AIM OF THE TASK – Could you copy, exactly as written, every line from the first line of the records through the one containing "use crate::value::read_value;"?

LISTED RECORDS START

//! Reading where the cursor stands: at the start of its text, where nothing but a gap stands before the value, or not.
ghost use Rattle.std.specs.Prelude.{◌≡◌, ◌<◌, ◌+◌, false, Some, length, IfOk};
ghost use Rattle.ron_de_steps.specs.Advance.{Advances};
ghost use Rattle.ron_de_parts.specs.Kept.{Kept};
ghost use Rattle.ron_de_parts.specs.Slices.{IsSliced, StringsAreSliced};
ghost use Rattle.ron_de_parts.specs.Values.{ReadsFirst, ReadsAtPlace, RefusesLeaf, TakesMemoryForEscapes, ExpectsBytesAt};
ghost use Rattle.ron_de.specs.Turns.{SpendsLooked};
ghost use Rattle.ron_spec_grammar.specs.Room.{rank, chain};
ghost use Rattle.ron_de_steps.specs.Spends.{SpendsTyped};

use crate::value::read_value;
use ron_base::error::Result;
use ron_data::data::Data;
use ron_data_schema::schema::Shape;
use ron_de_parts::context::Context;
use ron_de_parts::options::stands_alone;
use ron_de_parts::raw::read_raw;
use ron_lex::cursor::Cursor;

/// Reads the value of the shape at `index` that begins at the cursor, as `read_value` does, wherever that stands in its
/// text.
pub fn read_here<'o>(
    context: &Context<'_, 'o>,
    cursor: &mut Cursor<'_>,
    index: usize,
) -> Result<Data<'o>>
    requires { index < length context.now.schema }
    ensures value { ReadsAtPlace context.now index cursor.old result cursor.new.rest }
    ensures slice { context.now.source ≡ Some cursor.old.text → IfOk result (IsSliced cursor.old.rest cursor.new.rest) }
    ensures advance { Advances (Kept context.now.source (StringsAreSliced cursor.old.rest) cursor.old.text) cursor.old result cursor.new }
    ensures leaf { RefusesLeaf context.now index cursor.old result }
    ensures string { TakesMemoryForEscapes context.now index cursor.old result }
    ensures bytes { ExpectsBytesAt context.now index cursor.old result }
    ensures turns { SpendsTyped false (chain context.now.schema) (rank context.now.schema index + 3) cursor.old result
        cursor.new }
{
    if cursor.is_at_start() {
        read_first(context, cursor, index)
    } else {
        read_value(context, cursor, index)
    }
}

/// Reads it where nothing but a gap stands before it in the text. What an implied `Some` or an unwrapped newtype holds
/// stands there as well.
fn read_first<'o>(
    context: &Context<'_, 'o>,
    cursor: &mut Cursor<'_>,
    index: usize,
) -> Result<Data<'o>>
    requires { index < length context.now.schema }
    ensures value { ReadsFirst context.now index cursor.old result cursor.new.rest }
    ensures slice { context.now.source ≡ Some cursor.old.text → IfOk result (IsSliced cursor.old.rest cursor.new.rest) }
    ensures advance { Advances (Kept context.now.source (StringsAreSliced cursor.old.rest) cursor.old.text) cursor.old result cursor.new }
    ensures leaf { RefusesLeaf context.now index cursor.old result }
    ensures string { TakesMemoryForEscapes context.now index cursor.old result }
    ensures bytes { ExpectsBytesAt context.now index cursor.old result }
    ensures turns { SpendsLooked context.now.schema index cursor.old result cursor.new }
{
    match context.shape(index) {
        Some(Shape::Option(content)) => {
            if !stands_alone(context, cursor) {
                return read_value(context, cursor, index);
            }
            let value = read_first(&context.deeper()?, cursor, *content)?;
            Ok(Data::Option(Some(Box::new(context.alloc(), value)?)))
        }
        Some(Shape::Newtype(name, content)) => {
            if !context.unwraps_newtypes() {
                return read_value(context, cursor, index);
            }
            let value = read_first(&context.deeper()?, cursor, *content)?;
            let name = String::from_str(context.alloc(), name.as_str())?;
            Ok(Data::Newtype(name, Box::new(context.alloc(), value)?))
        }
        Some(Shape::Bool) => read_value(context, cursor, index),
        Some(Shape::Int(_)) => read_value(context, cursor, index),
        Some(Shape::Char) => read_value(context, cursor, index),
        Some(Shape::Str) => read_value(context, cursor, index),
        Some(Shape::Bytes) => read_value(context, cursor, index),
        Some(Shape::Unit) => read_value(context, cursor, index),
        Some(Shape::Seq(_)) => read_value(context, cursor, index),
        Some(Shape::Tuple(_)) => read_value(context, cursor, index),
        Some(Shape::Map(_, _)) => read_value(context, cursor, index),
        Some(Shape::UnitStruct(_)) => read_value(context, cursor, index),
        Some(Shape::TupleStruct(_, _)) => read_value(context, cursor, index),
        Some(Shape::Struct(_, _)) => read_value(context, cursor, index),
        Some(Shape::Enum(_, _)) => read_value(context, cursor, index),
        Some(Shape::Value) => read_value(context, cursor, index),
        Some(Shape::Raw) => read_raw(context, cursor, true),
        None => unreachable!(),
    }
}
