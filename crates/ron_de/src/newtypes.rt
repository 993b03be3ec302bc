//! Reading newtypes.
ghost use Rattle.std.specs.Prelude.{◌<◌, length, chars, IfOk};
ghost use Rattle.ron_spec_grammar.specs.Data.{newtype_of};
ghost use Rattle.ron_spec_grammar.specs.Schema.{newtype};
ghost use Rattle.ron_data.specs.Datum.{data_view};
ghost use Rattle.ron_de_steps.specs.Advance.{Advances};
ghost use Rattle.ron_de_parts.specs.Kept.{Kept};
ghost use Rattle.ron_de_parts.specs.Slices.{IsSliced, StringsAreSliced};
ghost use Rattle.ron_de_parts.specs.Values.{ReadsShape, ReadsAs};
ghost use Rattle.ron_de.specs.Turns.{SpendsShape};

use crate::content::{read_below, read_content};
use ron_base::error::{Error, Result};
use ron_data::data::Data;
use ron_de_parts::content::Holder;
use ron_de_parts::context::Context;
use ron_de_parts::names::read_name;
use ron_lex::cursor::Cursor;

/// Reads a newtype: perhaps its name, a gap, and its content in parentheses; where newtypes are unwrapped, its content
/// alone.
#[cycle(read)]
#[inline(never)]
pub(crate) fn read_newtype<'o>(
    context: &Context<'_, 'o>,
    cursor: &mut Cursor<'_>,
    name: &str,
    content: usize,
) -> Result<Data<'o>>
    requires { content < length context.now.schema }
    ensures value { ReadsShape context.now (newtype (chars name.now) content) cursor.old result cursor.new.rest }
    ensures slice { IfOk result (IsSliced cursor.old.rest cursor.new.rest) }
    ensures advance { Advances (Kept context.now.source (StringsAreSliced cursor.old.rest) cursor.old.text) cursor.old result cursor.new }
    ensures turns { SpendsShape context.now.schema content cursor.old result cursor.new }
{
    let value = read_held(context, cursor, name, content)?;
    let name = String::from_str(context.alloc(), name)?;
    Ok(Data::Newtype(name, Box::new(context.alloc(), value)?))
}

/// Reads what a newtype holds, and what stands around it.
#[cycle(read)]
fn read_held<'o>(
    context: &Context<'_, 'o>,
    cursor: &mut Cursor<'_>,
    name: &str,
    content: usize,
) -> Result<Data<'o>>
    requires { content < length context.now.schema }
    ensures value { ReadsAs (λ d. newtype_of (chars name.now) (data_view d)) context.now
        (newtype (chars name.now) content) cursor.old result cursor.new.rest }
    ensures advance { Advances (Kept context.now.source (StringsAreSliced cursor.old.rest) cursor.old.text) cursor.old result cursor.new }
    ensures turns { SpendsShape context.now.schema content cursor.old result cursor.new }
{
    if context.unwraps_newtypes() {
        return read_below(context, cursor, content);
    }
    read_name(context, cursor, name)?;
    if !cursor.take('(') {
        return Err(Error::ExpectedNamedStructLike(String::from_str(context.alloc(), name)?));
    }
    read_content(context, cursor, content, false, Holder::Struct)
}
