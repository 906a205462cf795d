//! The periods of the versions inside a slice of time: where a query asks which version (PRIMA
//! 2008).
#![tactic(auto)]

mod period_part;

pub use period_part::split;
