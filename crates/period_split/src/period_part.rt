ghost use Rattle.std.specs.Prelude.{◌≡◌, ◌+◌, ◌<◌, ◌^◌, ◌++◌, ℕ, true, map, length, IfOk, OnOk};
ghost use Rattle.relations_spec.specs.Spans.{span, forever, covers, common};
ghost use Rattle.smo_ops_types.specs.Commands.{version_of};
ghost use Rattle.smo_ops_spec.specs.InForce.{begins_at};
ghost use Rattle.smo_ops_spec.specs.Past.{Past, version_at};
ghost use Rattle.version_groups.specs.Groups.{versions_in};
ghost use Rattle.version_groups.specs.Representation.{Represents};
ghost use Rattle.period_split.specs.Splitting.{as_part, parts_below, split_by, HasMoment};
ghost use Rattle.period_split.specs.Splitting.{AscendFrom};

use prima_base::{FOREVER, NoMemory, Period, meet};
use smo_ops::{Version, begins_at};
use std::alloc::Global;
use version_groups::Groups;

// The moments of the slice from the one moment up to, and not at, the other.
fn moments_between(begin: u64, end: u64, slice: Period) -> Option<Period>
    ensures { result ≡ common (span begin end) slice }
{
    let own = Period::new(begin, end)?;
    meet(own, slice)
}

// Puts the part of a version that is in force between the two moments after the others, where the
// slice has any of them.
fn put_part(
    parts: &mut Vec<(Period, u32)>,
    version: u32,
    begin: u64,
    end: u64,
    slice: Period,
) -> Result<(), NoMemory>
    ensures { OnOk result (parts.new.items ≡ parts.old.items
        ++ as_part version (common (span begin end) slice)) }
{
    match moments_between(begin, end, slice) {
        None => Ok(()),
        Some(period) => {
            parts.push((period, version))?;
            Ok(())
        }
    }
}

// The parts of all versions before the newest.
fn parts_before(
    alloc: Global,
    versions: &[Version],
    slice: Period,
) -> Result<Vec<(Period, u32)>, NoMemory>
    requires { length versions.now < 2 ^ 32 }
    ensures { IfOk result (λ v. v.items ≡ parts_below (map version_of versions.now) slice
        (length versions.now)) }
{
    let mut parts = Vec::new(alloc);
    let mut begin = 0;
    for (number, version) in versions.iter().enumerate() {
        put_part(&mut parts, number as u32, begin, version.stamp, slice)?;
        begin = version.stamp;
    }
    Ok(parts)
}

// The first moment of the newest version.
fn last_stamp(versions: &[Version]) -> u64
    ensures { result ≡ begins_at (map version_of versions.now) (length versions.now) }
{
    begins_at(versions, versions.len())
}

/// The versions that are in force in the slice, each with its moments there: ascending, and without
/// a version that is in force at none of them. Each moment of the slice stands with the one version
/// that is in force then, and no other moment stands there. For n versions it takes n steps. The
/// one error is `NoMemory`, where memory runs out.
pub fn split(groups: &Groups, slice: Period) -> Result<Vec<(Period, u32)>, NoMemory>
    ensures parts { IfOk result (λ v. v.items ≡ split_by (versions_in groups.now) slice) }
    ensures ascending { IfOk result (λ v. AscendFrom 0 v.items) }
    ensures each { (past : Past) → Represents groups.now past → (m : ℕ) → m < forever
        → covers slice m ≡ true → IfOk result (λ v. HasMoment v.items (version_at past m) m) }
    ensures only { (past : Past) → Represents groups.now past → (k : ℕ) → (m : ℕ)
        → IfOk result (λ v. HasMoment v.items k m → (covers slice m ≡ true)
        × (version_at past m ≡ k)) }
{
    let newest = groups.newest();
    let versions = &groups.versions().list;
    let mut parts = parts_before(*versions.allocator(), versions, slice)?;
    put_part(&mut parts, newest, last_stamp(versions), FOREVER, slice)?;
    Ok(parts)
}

LISTED RECORDS END

OUTPUT OF THE EXERCISE –
//! Reading where the cursor stands: at the start of its text, where nothing but a gap stands before the value, or not.
ghost use Rattle.std.specs.Prelude.{◌≡◌, ◌<◌, ◌+◌, false, Some, length, IfOk};
ghost use Rattle.ron_de_steps.specs.Advance.{Advances};
ghost use Rattle.ron_de_parts.specs.Kept.{Kept};
ghost use Rattle.ron_de_parts.specs.Slices.{IsSliced, StringsAreSliced};
ghost use Rattle.ron_de_parts.specs.Values.{ReadsFirst, ReadsAtPlace, RefusesLeaf, TakesMemoryForEscapes, ExpectsBytesAt};
ghost use Rattle.ron_de.specs.Turns.{SpendsLooked};
ghost use Rattle.ron_spec_grammar.specs.Room.{rank, chain};
ghost use Rattle.ron_de_steps.specs.Spends.{SpendsTyped};

use crate::value::read_value;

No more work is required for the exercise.